From: San Antonio, TX
Region: Southwest
Topic: Invasive Plants, Problem Plants
Title: How to get rid of nut grass from San Antonio
Answered by: Barbara Medford

QUESTION:

We just had a house built on a lot that was mostly rock. The small back yard has a berm on which they brought in soil then mulched it. Now we are getting all sorts of weeds through the mulch, what my husband calls "nut grass". How can we get rid of the nut grass?

ANSWER:

Oh, boy, it's nut grass season again. You can almost set your calendar by the time we start to receive questions about how to get rid of nut grass.

Purple nutsedge (Cyperus rotundus) is a sedge native to Africa and central Europe (north to France and Austria), and southern Asia. It is considered one of the most invasive weeds known, having spread out to a world-wide distribution in tropical and temperate regions. The difficulty in controlling it is due to its intensive system of underground tubers and resistance to most herbicides. Tubal dormancy is perhaps the most important of the adaptations that enable nutgrass to persist. That is why nutgrass can re-emerge after you thought you had eliminated it by herbicide or weeding.
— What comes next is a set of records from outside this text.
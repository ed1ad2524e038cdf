// Records written at the head of a destination, up to its end.
ghost use Rattle.std.specs.Prelude.{◌≡◌};
ghost use Rattle.model.specs.records.Record.{record_of};
ghost use Rattle.model.specs.inner.Written.{clipped};
ghost use Rattle.model.specs.inner.Written.{into};

use copies::copy;
use model::RECORD_SIZE;

// The record with a given length field and the first 64 bytes of k. It is made in an array, which the
// compiler knows to be apart from k: a record copied from slice to slice costs a move for each byte.
#[tactic(auto, using(crate::proofs::Writing::record_made))]
pub fn record_of(field: u16, k: &[u8]) -> [u8; 66]
    ensures { result ≡ record_of field (clipped k.now) }
{
    let mut made = [0; RECORD_SIZE];
    [made[0], made[1]] = field.to_be_bytes();
    copy(k, &mut made[2..]);
    made
}

// Writes a record to the head of dst, as far as there is room.
pub fn store(made: [u8; 66], dst: &mut [u8])
    ensures { dst.new ≡ into made dst.old }
{
    copy(&made, dst);
}

// Writes the record with a given length field and the first 64 bytes of k to the head of dst.
pub fn put_record(field: u16, k: &[u8], dst: &mut [u8])
    ensures { dst.new ≡ into (record_of field (clipped k.now)) dst.old }
{
    store(record_of(field, k), dst);
}
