// Records of 66 bytes: how they are written; and by name how they are read, and copying, of crates of their own.
// No public function has a `requires`.
#![tactic(auto)]

mod joined;
mod write;

pub use copies::{copy, copy_by_blocks, join, join_by_blocks};
pub use joined::{put_head, put_joined};
pub use record_reads::{
    edge_kind, field_reading, holds_edge, holds_element, holds_key, holds_pivot, is_max, key_bytes,
    length_field, read_record, record_after, record_at,
};
pub use write::{put_record, record_of, store};
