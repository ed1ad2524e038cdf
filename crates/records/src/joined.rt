// The record of a key in two parts, written in its place: each byte goes to the destination once, after zeros whose
// number the compiler knows.
ghost use Rattle.std.specs.Prelude.{◌≡◌, ◌++◌, ◌+◌, ◌≤◌, length};
ghost use Rattle.model.specs.keys.Key.{max_len};
ghost use Rattle.model.specs.records.Record.{record_size, record_of};
ghost use Rattle.model.specs.calls.Refusals.{over};
ghost use Rattle.model.specs.inner.Written.{recorded};
ghost use Rattle.records.specs.Blank.{blank};

use copies::join_by_blocks;
use model::{MAX_LEN, RECORD_SIZE};

// A record with this length, and zeros for a key, at the head of dest. Nothing is written where there is no room for it.
pub fn put_head(n: u8, dest: &mut [u8])
    ensures { dest.new ≡ blank n dest.old }
{
    if dest.len() < RECORD_SIZE {
        return;
    }
    dest[..RECORD_SIZE].fill(0);
    dest[1] = n;
}

// The record of the key a followed by b, at the head of dest, which has room for it.
#[tactic(auto, using(crate::proofs::JoinedKeys::joined_made))]
fn put_whole(a: &[u8], b: &[u8], dest: &mut [u8])
    requires { (length a.now + length b.now ≤ max_len) × (record_size ≤ length dest.old) }
    ensures { dest.new ≡ over (record_of (length (a.now ++ b.now)) (a.now ++ b.now)) dest.old }
{
    put_head((a.len() + b.len()) as u8, dest);
    join_by_blocks(a, b, &mut dest[2..]);
}

// The record of the key a followed by b, at the head of dest. Nothing is written where they have more than 64 bytes, or
// where there is no room for a record.
#[tactic(auto, using(crate::proofs::JoinedKeys::joining))]
pub fn put_joined(a: &[u8], b: &[u8], dest: &mut [u8])
    ensures { dest.new ≡ recorded (a.now ++ b.now) dest.old }
{
    if MAX_LEN < a.len() {
        return;
    }
    if MAX_LEN - a.len() < b.len() {
        return;
    }
    if dest.len() < RECORD_SIZE {
        return;
    }
    put_whole(a, b, dest);
}
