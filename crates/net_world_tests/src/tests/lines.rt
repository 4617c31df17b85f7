//! Lines ask for what the manual says.

use net_script::line_of;
use std::alloc::Global;
use std::fmt;
use std::test::Fail;

/// Lines, and what they ask for.
const READ: &[(&str, &str)] = &[
    ("", "Skipped"),
    (" \t ", "Skipped"),
    ("  # a comment", "Skipped"),
    ("#tick", "Skipped"),
    ("servers 1", "Servers(Config { servers: 1, mirror: false })"),
    (
        "servers\t 008 ",
        "Servers(Config { servers: 8, mirror: false })",
    ),
    (
        "servers 3 mirror ",
        "Servers(Config { servers: 3, mirror: true })",
    ),
    ("tick", "Asks(Tick)"),
    ("begin", "Asks(Saves(Begin))"),
    ("verify 3", "Asks(Saves(Verify(RunNo(3))))"),
    ("deliver 007", "Asks(Saves(Deliver(7)))"),
    (
        "deliver 18446744073709551615",
        "Asks(Saves(Deliver(18446744073709551615)))",
    ),
    ("restart client", "Asks(Saves(Restart(Client)))"),
    ("restart 1", "Asks(Saves(Restart(Server(ServerNo(1)))))"),
    ("restart mirror", "Asks(Saves(Restart(Mirror)))"),
    ("renew 2", "Asks(Saves(Renew(Generation(2))))"),
    ("losenote", "Asks(LoseNote)"),
    ("cut client", "Asks(Cut(Client))"),
    ("cut mirror", "Asks(Cut(Mirror))"),
    ("cut 8", "Asks(Cut(Server(ServerNo(8))))"),
    ("stop 4", "Asks(Stop(RunNo(4)))"),
    ("trigger 4", "Asks(Trigger { run: RunNo(4), act: None })"),
    ("trigger 4 cut", "Asks(Trigger { run: RunNo(4), act: Cut })"),
    (
        "issue 1 2",
        "Asks(Issue { server: ServerNo(1), job: JobNo(2) })",
    ),
    (
        "issue 1 4294967296",
        "Asks(Issue { server: ServerNo(1), job: JobNo(4294967295) })",
    ),
    (
        "check 1 2",
        "Asks(Check { server: ServerNo(1), job: JobNo(2) })",
    ),
    (
        "done 1 2 5",
        "Asks(Done { server: ServerNo(1), job: JobNo(2), write: Seq(5) })",
    ),
    (
        "fail 1 2 5",
        "Asks(Fail { server: ServerNo(1), job: JobNo(2), write: Seq(5) })",
    ),
    (
        "land 1 2 5 all",
        "Asks(Land { server: ServerNo(1), job: JobNo(2), write: Seq(5), mask: 340282366920938463463374607431768211455 })",
    ),
    (
        "land 1 2 5 first 3",
        "Asks(Land { server: ServerNo(1), job: JobNo(2), write: Seq(5), mask: 7 })",
    ),
    (
        "land 1 2 5 first 0",
        "Asks(Land { server: ServerNo(1), job: JobNo(2), write: Seq(5), mask: 0 })",
    ),
    (
        "land 1 2 5 first 129",
        "Asks(Land { server: ServerNo(1), job: JobNo(2), write: Seq(5), mask: 340282366920938463463374607431768211455 })",
    ),
    (
        "rot 1 2 9 255",
        "Asks(Rot { server: ServerNo(1), job: JobNo(2), sector: 9, byte: 255 })",
    ),
    (
        "cutold deliver 4",
        "Asks(CutShort { landed: false, command: Deliver(4) })",
    ),
    (
        "cutnew restart 1",
        "Asks(CutShort { landed: true, command: Restart(Server(ServerNo(1))) })",
    ),
    (
        "cutnew verify 3",
        "Asks(CutShort { landed: true, command: Verify(RunNo(3)) })",
    ),
    (
        "cutold renew 18446744073709551615",
        "Asks(CutShort { landed: false, command: Renew(Generation(18446744073709551615)) })",
    ),
];

/// Lines that can't be read: a word too few, too many, or another one; a number with a sign, without a
/// digit, too great, or with something behind it; another case; and bytes that are no blanks.
pub const UNREAD: &[&str] = &[
    "servers",
    "servers 0",
    "servers 9",
    "servers 1 2",
    "servers mirror",
    "servers 0 mirror",
    "servers 9 mirror",
    "servers 1 Mirror",
    "servers 1 mirror 2",
    "begin 1",
    "verify",
    "verify 1 2",
    "deliver",
    "deliver 1 2",
    "deliver -1",
    "deliver +1",
    "deliver 1.",
    "deliver 0x1",
    "deliver 18446744073709551616",
    "restart",
    "restart server",
    "restart 1 2",
    "renew",
    "renew 1 2",
    "renew mirror",
    "losenote 1",
    "losenote client",
    "cut",
    "cut 1 2",
    "cut mirrors",
    "stop",
    "stop 1 2",
    "tick 1",
    "Tick",
    "tick\r",
    "tick\0",
    "trigger",
    "trigger 1 none",
    "trigger 1 cut 2",
    "issue 1",
    "issue 1 2 3",
    "check 1",
    "check 1 2 3",
    "done 1 2",
    "done 1 2 3 4",
    "fail 1 2",
    "fail 1 2 3 4",
    "land 1 2 3",
    "land 1 2 3 some",
    "land 1 2 3 first",
    "land 1 2 3 first 4 5",
    "land 1 2 3 all 4",
    "land 1 2 all",
    "rot 1 2 3",
    "rot 1 2 3 256",
    "rot 1 2 3 4 5",
    "cutold",
    "cutold tick",
    "cutnew check 0 0",
    "cutnew cutold deliver 0",
    "cutold deliver",
    "cutold losenote",
    "cutnew renew",
    "frob",
    ".",
];

/// What a line asks for, in letters. Where memory runs out, it is said once more.
fn said(alloc: Global, line: &str) -> Result<String, fmt::Error> {
    match said_once(alloc, line) {
        Ok(text) => Ok(text),
        Err(_) => said_once(alloc, line),
    }
}

fn said_once(alloc: Global, line: &str) -> Result<String, fmt::Error> {
    let mut text = String::new(alloc);
    write!(text, "{:?}", line_of(line.as_bytes()))?;
    Ok(text)
}

#[test]
fn lines_that_are_read(rt: HostRuntime) -> Result<(), Fail> {
    for (line, wanted) in READ {
        let said = said(rt.alloc(), line)?;
        assert!(rt; said.as_str() == *wanted, "{line}: {said}");
    }
    Ok(())
}

#[test]
fn lines_that_are_not_read(rt: HostRuntime) -> Result<(), Fail> {
    for line in UNREAD {
        let said = said(rt.alloc(), line)?;
        assert!(rt; said.as_str() == "Unread", "{line}: {said}");
    }
    Ok(())
}
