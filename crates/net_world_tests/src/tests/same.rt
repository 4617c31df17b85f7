//! What worlds show.

use fc_base::{JobNo, Key, RunNo, ServerNo};
use net_world::World;
use server_core::Status;
use verify_state::VerifyState;

/// What a world shows of itself in short: how many frames there are, and its first servers and keys.
#[derive(Clone, Copy, PartialEq)]
pub struct Shown {
    frames: usize,
    servers: [Option<Status>; 2],
    kept: [bool; 2],
}

pub fn shown_by(world: &World) -> Shown {
    Shown {
        frames: world.frames().len(),
        servers: [world.status(ServerNo(0)), world.status(ServerNo(1))],
        kept: [
            world.saved(key(1, 0, 0)).is_some(),
            world.saved(key(2, 0, 0)).is_some(),
        ],
    }
}

/// The key of this run, server and job.
pub fn key(run: u64, server: u32, job: u32) -> Key {
    Key {
        run: RunNo(run),
        server: ServerNo(server),
        job: JobNo(job),
    }
}

/// Whether two worlds show the same: each frame, each server, and what is kept of the keys of the first
/// runs.
pub fn are_same(one: &World, other: &World) -> bool {
    have_same_frames(one, other)
        && (0..9).all(|server| one.status(ServerNo(server)) == other.status(ServerNo(server)))
        && (0..4).all(|run| keep_same_of_run(one, other, run))
}

fn have_same_frames(one: &World, other: &World) -> bool {
    let frames = one.frames().len();
    frames == other.frames().len()
        && (0..frames).all(|index| one.frames().get(index) == other.frames().get(index))
}

fn keep_same_of_run(one: &World, other: &World, run: u64) -> bool {
    (0..8).all(|server| {
        (0..16).all(|job| {
            are_same_states(
                one.saved(key(run, server, job)),
                other.saved(key(run, server, job)),
            )
        })
    })
}

/// Whether two states are the same, or neither is there.
pub fn are_same_states(one: Option<&VerifyState>, other: Option<&VerifyState>) -> bool {
    match (one, other) {
        (None, None) => true,
        (Some(one), Some(other)) => one.same(other),
        _ => false,
    }
}
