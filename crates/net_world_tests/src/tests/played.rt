//! Stories that are played at once, and with a cut put in.

use super::rows::{Row, config_in, event_in, row_in};
use super::same::{are_same, are_same_states, key};
use super::trouble::Trouble;
use messages::{Node, look_at};
use net_world::{Config, World, WorldEvent, with_cut, with_stop};
use seen::watch;
use std::alloc::Global;

/// What is put into a story before the command with this number: a node loses its power, or does so within
/// the save of this command, and is started again.
#[derive(Clone, Copy)]
pub enum Change {
    Cut { at: usize, node: Node },
    Stop { at: usize, landed: bool, node: Node },
}

/// What a change leaves of a story. No report but that of the whole story is ever sent.
#[derive(Clone, Copy, Debug, PartialEq, Eq)]
pub enum Leaves {
    /// The world as it is without the change.
    Same,
    /// Another world, in which the client keeps the same state of the first job, and its check is reported.
    Checked,
    /// The client keeps this state, and no check is reported.
    Kept,
    /// The client keeps no state of it, and no check is reported.
    Nothing,
}

/// The Report of each story behind its run and its attempt: of job 0, one block checked and no fault.
const REPORT: [u8; 25] = [
    0, 0, 0, 0, 0, 0, 0, 1, 0, 0, 0, 0, 0, 0, 0, 0, 1, 0, 0, 0, 0, 0, 0, 0, 0,
];

/// Whether a story that is played at once gives the world that it has given event by event.
pub fn plays_as(alloc: Global, rows: &str, told: &World) -> Result<bool, Trouble> {
    match played(alloc, rows, &None) {
        Ok(world) => Ok(are_same(&world, told)),
        Err(trouble) => Err(trouble),
    }
}

/// What a change leaves of the world of a story, whose run this is. `None` is answered where the client keeps
/// another state, or a check is reported otherwise.
pub fn left(
    alloc: Global,
    rows: &str,
    run: u64,
    change: Change,
) -> Result<Option<Leaves>, Trouble> {
    match played(alloc, rows, &None) {
        Ok(world) => left_of(alloc, rows, run, change, &world),
        Err(trouble) => Err(trouble),
    }
}

fn left_of(
    alloc: Global,
    rows: &str,
    run: u64,
    change: Change,
    whole: &World,
) -> Result<Option<Leaves>, Trouble> {
    match played(alloc, rows, &Some(change)) {
        Ok(world) => Ok(compare(&world, whole, run)),
        Err(trouble) => Err(trouble),
    }
}

fn compare(world: &World, whole: &World, run: u64) -> Option<Leaves> {
    let (kept, wanted) = (world.saved(key(run, 0, 0)), whole.saved(key(run, 0, 0)));
    if are_same(world, whole) && are_same_states(kept, wanted) {
        return Some(Leaves::Same);
    }
    match (kept.is_some(), is_reported(world)?) {
        (false, false) => Some(Leaves::Nothing),
        (true, _) if !are_same_states(kept, wanted) => None,
        (true, true) => Some(Leaves::Checked),
        (true, false) => Some(Leaves::Kept),
        (false, true) => None,
    }
}

/// Whether a check is reported, as in the whole story. `None` is answered where one is reported otherwise.
fn is_reported(world: &World) -> Option<bool> {
    let mut reported = false;
    for index in 0..world.frames().len() {
        let frame = world.frames().get(index)?;
        if is_report(frame) {
            reported = true;
            if frame.get(32..)? != REPORT.as_slice() {
                return None;
            }
        }
    }
    Some(reported)
}

/// Whether a frame is a Report.
fn is_report(frame: &[u8]) -> bool {
    match look_at(frame) {
        Some(look) => look.kind.name() == "Report",
        None => false,
    }
}

/// The world of a story's commands. Where memory runs out, it is played once more.
fn played(alloc: Global, rows: &str, change: &Option<Change>) -> Result<World, Trouble> {
    match played_once(alloc, rows, change) {
        Err(Trouble::NoMemory) => played_once(alloc, rows, change),
        answer => answer,
    }
}

fn played_once(alloc: Global, rows: &str, change: &Option<Change>) -> Result<World, Trouble> {
    match events_of(alloc, rows) {
        Ok(events) => played_with(alloc, config_in(rows), &events, change),
        Err(trouble) => Err(trouble),
    }
}

fn played_with(
    alloc: Global,
    config: Option<Config>,
    events: &[WorldEvent],
    change: &Option<Change>,
) -> Result<World, Trouble> {
    let Some(change) = change else {
        return played_by(alloc, config, events);
    };
    match changed(alloc, events, change) {
        Ok(events) => played_by(alloc, config, &events),
        Err(trouble) => Err(trouble),
    }
}

/// The events with a change put in.
fn changed(
    alloc: Global,
    events: &[WorldEvent],
    change: &Change,
) -> Result<Vec<WorldEvent>, Trouble> {
    match change {
        Change::Cut { at, node } if *at <= events.len() => {
            Ok(with_cut(alloc, events, *at, *node)?)
        }
        Change::Stop { at, landed, node } if *at < events.len() => {
            with_stop(alloc, events, *at, *landed, *node)?.ok_or(Trouble::BadRow)
        }
        _ => Err(Trouble::BadRow),
    }
}

/// How many events there are once a stop of this command is put in before it, if one can be.
pub fn length_stopped(
    alloc: Global,
    command: &str,
    landed: bool,
) -> Result<Option<usize>, Trouble> {
    match length_stopped_once(alloc, command, landed) {
        Err(Trouble::NoMemory) => length_stopped_once(alloc, command, landed),
        answer => answer,
    }
}

fn length_stopped_once(
    alloc: Global,
    command: &str,
    landed: bool,
) -> Result<Option<usize>, Trouble> {
    let mut events = Vec::new(alloc);
    put(&mut events, event_in(alloc, command))?;
    match with_stop(alloc, &events, 0, landed, Node::Client)? {
        Some(stopped) => Ok(Some(stopped.len())),
        None => Ok(None),
    }
}

fn played_by(
    alloc: Global,
    config: Option<Config>,
    events: &[WorldEvent],
) -> Result<World, Trouble> {
    let Some(config) = config else {
        return Err(Trouble::BadRow);
    };
    if config.servers < 1 || config.servers > 8 {
        return Err(Trouble::BadRow);
    }
    match watch(alloc, config, events) {
        Ok(world) => Ok(world),
        Err(_) => Err(Trouble::NoMemory),
    }
}

/// The events of a story's commands.
fn events_of(alloc: Global, rows: &str) -> Result<Vec<WorldEvent>, Trouble> {
    let mut events = Vec::new(alloc);
    for row in rows.lines() {
        if let Row::Happens { command, .. } = row_in(row) {
            put(&mut events, event_in(alloc, command))?;
        }
    }
    Ok(events)
}

fn put(events: &mut Vec<WorldEvent>, event: Result<WorldEvent, Trouble>) -> Result<(), Trouble> {
    match event {
        Ok(event) => pushed(events.push(event)),
        Err(trouble) => Err(trouble),
    }
}

fn pushed<E: Drop>(outcome: Result<(), E>) -> Result<(), Trouble> {
    match outcome {
        Ok(()) => Ok(()),
        Err(_) => Err(Trouble::NoMemory),
    }
}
Some of the suggestions made by experts on how to control this pest include making sure the drainage of the soil is good. It is also supposed that it can be shaded out by vegetation around it. Populations of viable nutgrass can be dramatically reduced by repeatedly turning the soil at one to two-week intervals to expose the tubers to the sun. Unfortunately, in your  situation, these are probably not terribly practical. As noted above, the tubers are resistant to most herbicides, and if the blades of "grass" are broken off, the tuber carries on, and one to two inches of new growth will be visible within a day. Oh, and it's one of the few plants that plastic mulches cannot affect.

It would appear that part of the reason this nuisance showed up has to do with your construction of the berm.  Nutgrass tubers can be as deep as 18", and disturbance of the soil no doubt enabled some of those dormant tubers to get close enough to the now-cleared surface and begin to make themselves known. In other words, that berm has been prepared for the thriving of nutgrass, hiding out in that soil. We know you don't want to hear this, but there is no magic cure. If the soil is kept fairly loose and moist, it will be easier to pull out those long strings of tubers. That is about the only satisfying thing about nutgrass, is that you can get a string of the rhizomes and tubers going, and pull out a bunch in one operation. If you were considering getting on your hands and knees to paint with herbicide, it would be just as easy (and much safer for your other plants) to just pull the !*#!* stuff out. And please, no flaming with the propane torch. You could singe those little blades, and fresh ones would pop up from the tubers protected by the earth. Meanwhile, some of your intended plants could be crisped!